- TASK REQUIREMENTS -
Keyword search on "hidden": report each line of the records that contains it.

- DATA SHOWN -

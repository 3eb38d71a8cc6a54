//! Written by ../make from ../page_text/data/page.html. Change that file, and not this one.
ghost use Rattle.std.specs.Prelude.{◌≡◌};

/// The page for a browser.
pub const PAGE: &str = r####"<!doctype html>
<html lang="en">
<head>
<meta charset="utf-8">
<meta name="viewport" content="width=device-width">
<meta http-equiv="Content-Security-Policy" content="default-src 'none'; style-src 'sha256-XoLlu6tr+T23eBlreb/qMQUcjrU61+PTbjPLsaaRh9w='; script-src 'sha256-+v1FZV6YE3nvFiXUpmRHrjr2fTmj7pf3hCBPkl+47vU='; connect-src 'self' ws://127.0.0.1:* ws://localhost:*; img-src data:; base-uri 'none'; form-action 'none'">
<title>Oberon notebooks</title>
<link rel="icon" href="data:image/svg+xml,%3Csvg xmlns='http://www.w3.org/2000/svg' viewBox='0 0 16 16'%3E%3Crect width='16' height='16' rx='4' fill='%232f6f5e'/%3E%3C/svg%3E">
<style>
/* 1. Colours, and what all parts share */
:root {
  color-scheme: light dark;
  --ground: #f5f5f2; --card: #ffffff; --ink: #1d2125; --soft: #646b73; --line: #dcdcd6; --accent: #2f6f5e; --on-accent: #ffffff;
  --code: #fafaf8; --word: #7a3e9d; --known: #1f5fa8; --string: #9a4a12; --note: #5f7a5f; --number: #1f6f6a;
  --bad: #b3261e; --bad-ground: #fdf0ee; --ask: #8a5a00; --ask-ground: #fff7e3; --good: #2f7d4f;
  --mono: ui-monospace, Menlo, Consolas, "DejaVu Sans Mono", monospace;
}
@media (prefers-color-scheme: dark) {
  :root {
    --ground: #15171a; --card: #1d2024; --ink: #e6e7e8; --soft: #9aa2ab; --line: #33383e; --accent: #6fc0a8; --on-accent: #10211c;
    --code: #181b1f; --word: #d0a3ec; --known: #8fbdf2; --string: #e5ab7c; --note: #8fae8f; --number: #7fd0c8;
    --bad: #ff9d94; --bad-ground: #33201f; --ask: #f0c56a; --ask-ground: #2f2816; --good: #7ccb98;
  }
}
* { box-sizing: border-box; }
[hidden] { display: none !important; }
.unseen { position: absolute; width: 1px; height: 1px; margin: -1px; overflow: hidden; clip-path: inset(50%); white-space: nowrap; }
body { margin: 0; background: var(--ground); color: var(--ink); font: 16px/1.5 system-ui, sans-serif; }
a { color: var(--accent); }
button, input, textarea { font: inherit; color: inherit; }
button { background: var(--card); border: 1px solid var(--line); border-radius: 7px; padding: .25rem .7rem; cursor: pointer; white-space: nowrap; }
button:hover:not(:disabled) { border-color: var(--accent); }
button:disabled { opacity: .45; cursor: default; }
button svg { width: 1rem; height: 1rem; fill: currentColor; vertical-align: -.15em; }
button.main { background: var(--accent); border-color: var(--accent); color: var(--on-accent); }
button.quiet { background: none; border-color: transparent; color: var(--soft); padding: .15rem .45rem; } button.quiet:hover { color: var(--ink); }
:focus-visible { outline: 2px solid var(--accent); outline-offset: 1px; }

- RESPONSE FOR THIS EXERCISE -
[hidden] { display: none !important; }
.unseen { position: absolute; width: 1px; height: 1px; margin: -1px; overflow: hidden; clip-path: inset(50%); white-space: nowrap; }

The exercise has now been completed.